Woodcut outlining the abbey memory system of the Dominican Johann Horst von Romberch in his Congestorium artificiose memorie from 1533. Depicted are sets of objects to be memorized in the courtyard, library, and chapel of the abbey.
An important reference point in Forensic Architecture’s work is the group of medieval mnemonic techniques known as ‘the art of memory’. Made famous by the rhetoricians and orators of antiquity such as Cicero and Quintilian, it advised orators tasked with remembering long and complex speeches to commit the spatial arrangement of known buildings to their memory or to construct new ones mentally. Every room was to be furnished with objects relating to the issues that the speaker needed to bring up. In delivering the speech, the orators would imagine themselves walking through the building and in this way recall different issues and ideas. The same building could be used for different speeches. All that was necessary was to remove one set of objects and bring in new ones, then ‘walk’ through again – although this technique could pose problems, as objects would reappear in the context of wrong speeches, haunting the building or specific rooms within it.

Exemplifying the Israeli military strategy known as ‘knock on the roof’, in the early hours of 9 January 2009, an anti-tank missile was fired at the Salha family home in Beit Lahiya, Northern Gaza. It shook the building. This supported Israel’s claim that it was providing adequate warning to civilians of an imminent attack. Three minutes later a bomb struck and destroyed the house. Six people were killed, all women and children.
On 28 August 2013, Forensic Architecture interviewed two of the surviving members of the Salha family in Gaza by satellite link. Together they constructed a 3D model of their home, piecing together the events of that night, and constructing a timeline of their movements after the first missile hit.
The investigation formed part of the UN Special Rapporteur for Counter Terrorism and Human Rights report to the UN General Assembly.

A witness, who preferred to remain anonymous, sought to deliver testimony regarding a drone strike on her house in Mir Ali, North Waziristan on 4 October 2010. Some of the details of the strike however, were obscured from her memory. Working with The European Center for Constitutional and Human Rights (ECCHR) Forensic Architecture helped the witness build a digital model of her house, furnishing it with all the elements she could recollect – doors, windows, rooms, furniture, utensils, and other objects.

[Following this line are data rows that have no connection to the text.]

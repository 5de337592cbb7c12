//! The faces of a graph with a rotation system, and plane graphs.
//!
//! The face of a dart is walked with the face on its left: the dart u to v is followed by the dart from v that follows
//! v to u clockwise. A graph with V − E + F = 2 is a plane (Euler's formula); one of its faces is the outer face.
#![tactic(auto)]

pub mod laws;
mod plane;

pub use common::Choice;
pub use plane::{MAX_FACES, Plane, Scratch, TraceFault};
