//! Coordinates for a dissection: least integers that grow along its darts.
#![tactic(auto)]

mod axis;
mod longest_paths;
mod points;

pub use dissect::{
    DirectionSearch, Scratch as BoxesScratch, directions_in, dissect, dissect_along, dissect_in,
};
pub use points::{CompactFault, Scratch, compact, compact_in};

A significant element for the witness was a fan. During the modelling process, she returned to it again and again. She seemed uneasy about it, repeatedly adjusting its location. Initially, she placed it as a ceiling-mounted ventilator. Later, she asked to place it as a freestanding fan inside the room. A few moments later, she again shifted its location, taking it outside and placing it within a small courtyard. When ‘walking’ through the model in the digital aftermath of the strike, she recalled that she had found human flesh on the fan’s blades.